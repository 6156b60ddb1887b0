//! Lines of faults of programs, by the names of files, modules and segments.

ghost use Rattle.std.specs.Prelude.{◌≡◌, ◌++◌, IfOk, IfSome, codes, decimal, is_some, slice_get, string_bytes};
ghost use Rattle.omf_frame.specs.Bytes.{AddsText};
ghost use Rattle.omf_check.specs.Module.{recs_of};
ghost use Rattle.omf_exe.specs.Listing.{file_text, member_text, origin_at, title_text};
ghost use Rattle.omf_exe.specs.Refusing.{AreTwiceLines, HaveNamesTwice};

use crate::clashing::put_clashes;
use crate::input::{Origin, is_library};
use crate::ordering::OrderingFault;
use crate::sharing::SharingFault;
use omf_aliases::{FollowingFault, circle_lines};
use omf_check::{Checked, entry_of};
use omf_cmd::{RunFault, fault_line};
use omf_combining::CodePart;
use omf_externals::{put_own, repeated_text, unresolved_text};
use omf_frame::Place;
use omf_layout::own::{CommunalReason, CommunalsFault, OrderFault};
use omf_library::LibraryFault;
use omf_lines::{
    Labeled, high_line, miss_of, put_owner, put_part, put_stray, reach_line, starts_line,
};
use omf_linking::InputFile;
use omf_linking::locator::module_name;
use omf_linking::space::Owner;
use omf_output::exe::{ComFault, ExeFault, FarAddress};
use omf_output::near::Stray;
use omf_output::stacks::Interval;
use omf_placement::{DeriveFault, Placement};
use omf_reloc::{Cause, ReachFault};
use omf_text::print_quoted;
use omf_warnings::{FarMember, Finding, Range, put_line, put_range};
use std::alloc::{AllocError, Global};
use std::fmt::Write;

/// The line of segments that end too high.
const TOO_HIGH: &str = "the program ends after 1048576";
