//! Writes texts, bytes in hex digits, and the line of a layer's fault.

ghost use Rattle.std.specs.Prelude.{OnOk};
ghost use Rattle.std.specs.Io.KnownBytes.{Appends};
ghost use Rattle.hex.specs.Hex.{encode_lower};
ghost use Rattle.pdu_text.specs.Lines.{fault_line, octet_text, octets_text};

use std::io;
use std::io::Write;

/// Writes the line of a layer's fault.
pub(crate) fn write_fault<W: Write>(
    writer: &mut W,
    layer: &str,
    number: u8,
    name: &str,
) -> io::Result<()>
    ensures { OnOk result (Appends (W.contents writer.old) (W.contents writer.new)
        (fault_line layer.now number name.now)) }
{
    writeln!(writer, "{layer} fault {number} {name}")
}

/// Writes bytes in hex digits, and a dash if there are none.
pub fn write_octets<W: Write>(writer: &mut W, octets: &[u8]) -> io::Result<()>
    // If it succeeds, `write_octets` has appended the bytes in two lowercase hex digits each, or a dash if
    // there are none.
    ensures { OnOk result (Appends (W.contents writer.old) (W.contents writer.new) (octets_text octets.now)) }
{
    match octets {
        [] => write_text(writer, "-"),
        octets => write_hex(writer, octets),
    }
}

/// Writes bytes in lowercase hex digits, two for each.
pub fn write_hex<W: Write>(writer: &mut W, octets: &[u8]) -> io::Result<()>
    // If it succeeds, `write_hex` has appended the bytes in two lowercase hex digits each, and nothing if
    // there are none.
    ensures { OnOk result (Appends (W.contents writer.old) (W.contents writer.new) (encode_lower octets.now)) }
{
    for octet in octets {
        write_octet(writer, *octet)?;
    }
    Ok(())
}

/// Writes a byte in two hex digits.
fn write_octet<W: Write>(writer: &mut W, octet: u8) -> io::Result<()>
    ensures { OnOk result (Appends (W.contents writer.old) (W.contents writer.new) (octet_text octet)) }
{
    let mut digits = [0u8; 2];
    let _ = hex::encode_to_slice([octet], &mut digits);
    writer.write_all(&digits)
}

/// Writes a text.
pub fn write_text<W: Write>(writer: &mut W, text: &str) -> io::Result<()>
    // If it succeeds, `write_text` has appended the text as it is.
    ensures { OnOk result (Appends (W.contents writer.old) (W.contents writer.new) text.now) }
{
    writer.write_all(text.as_bytes())
}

Exercise instructions » Copy each line holding "appended" from the material above.

Expected answer »
    // If it succeeds, `write_octets` has appended the bytes in two lowercase hex digits each, or a dash if
    // If it succeeds, `write_hex` has appended the bytes in two lowercase hex digits each, and nothing if
    // If it succeeds, `write_text` has appended the text as it is.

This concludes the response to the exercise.